The combination of generating appropriate levels of force and having to deal with more degrees of freedom in a joint may negatively affect motor performance in hypermobile children with DCD. Having to generate increased force in antagonistic muscles and more co-contraction may also cause extra recruitment noise and therefore cause additional movement variability, which is frequently reported in movement patterns of children with DCD [35, 36]. This statement is supported by the findings of Smits-Engelsman et al. in which children with DCD could produce the same level of maximum finger force as typically developing children but have poor control over maintaining steady force levels as required in the force control tasks . Such a lack of fine tuned force control will lead to larger errors in precise movements.
We realize the number of girls and boys was not totally matched in the matched TD group compared to the DCD group. Jansson et al. found in Sweden a significantly higher degree of general joint laxity in girls of all ages compared to boys (p < 0.05) . In contrast, three other studies found no significant differences by gender. First Rikken-Bultman found no significant difference in the group of a primary school . Secondly van der Giessen found no differences in the prevalence of both hypermobility and the connective tissue signs between boys and girls with p values ranging from 0.115 to 1.000 . Thirdly Smits-Engelsman recorded no significant differences (p = .22) for sex and if analyzed per item, only hands on the floor (item 5) was different (t (1549) = 4.66, p < .001); with girls being more flexible than boys . So we had no reason to analyze sex differences and it is unlikely that sex differences explain any of the group differences at this age (7–10 years old).
The number of tests in the analysis of the association between MABC and different ROM has to be considered. On the other hand, one of the two knee extension measures would survive a correction for multiple tests. The fact that the other is also significant at the 0.05 level is clearly not irrelevant. It therefore seems reasonable to just describe the association as ‘significant’.

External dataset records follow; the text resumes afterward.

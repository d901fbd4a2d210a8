// Laws of the texts that are reported.
ghost use Rattle.std.specs.Prelude.{◌≡◌, ℕ, List, Ok};
ghost use Rattle.gq_model.specs.machine.Program.{Program};
ghost use Rattle.gq_model.specs.texts.Code.{IsProgram};
ghost use Rattle.gq_model.specs.texts.Text.{assembled};
ghost use Rattle.gq_views.specs.declared.margin.Margin.TheVariants.{Plain, Numbered};
ghost use Rattle.gq_views.specs.Assembled_listing.{ListsNumbers, ListsProgram};
ghost use Rattle.gq_views.specs.Listing.{listing};
ghost use Rattle.gq_views.specs.Numbered.{NumbersListing};
ghost use Rattle.gq_views.specs.Views_written.{list_written};

/// What holds of the text of every program (`listing`), and of what `list` writes. It does nothing.
///
/// `programs`: the listing of a program is assembled as that program, whatever its locals, sections and statements: nothing of it is lost in the text.
///
/// `written`: whatever `list` writes, for any text of a scenario and any name, is assembled as the program of the leaf of that name.
pub fn listing_laws()
    ensures programs { (p : Program) → IsProgram p → assembled (listing p) ≡ Ok p }
    ensures written { (scenario name text : List ℕ) → list_written Plain scenario name ≡ Ok text → ListsProgram scenario name text }
{}

/// What holds of the numbered text of every program (`numbered_listing`), and of what `list` writes with numbers. It does nothing.
///
/// `programs`: without what stands before each line it is the listing of that program, and the statements of each section have the numbers from 1 on, in turn.
///
/// `written`: whatever `list` writes with numbers, for any text of a scenario and any name, is the numbered text of a program, of which `list` writes the
/// listing without numbers.
pub fn numbers_laws()
    ensures programs { (p : Program) → NumbersListing p }
    ensures written { (scenario name text : List ℕ) → list_written Numbered scenario name ≡ Ok text → ListsNumbers scenario name text }
{}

It should be taken into account that the clinical sample is small and larger samples would have been favoured. Also it would be an advantage to evaluate motor performance in more depth than is possible with a standardized 8 item test, like the MABC. Obviously a disadvantage of cross-sectional and correlation studies is that it is impossible to infer the developmental aetiology of the association. Do children with poor motor coordination become more mobile because they lack stabilization of their joints and as a result they increase their mobility? (For instance through repetitive joint sprains or as a strategy to stabilize the joint). It is important to investigate whether these children may adopt an altered posture whereby they “rest” or “hang” on the hip capsule and hip ligaments rather than activating their Gluteus medius, which would f.e. cause pelvic obliquity and instability . The same can be expected for the knee and hanging in knee ligaments rather than activating the Quadriceps, Hamstrings and Gastrocnemius. Is deficient coordination the eliciting factor for instance through delayed or inadequate sensori-motor loops? Or are there other mediating factors that induce the co-occurrence of hypermobility and DCD? Further prospective and intervention research should elucidate the possible relations between underlying factors.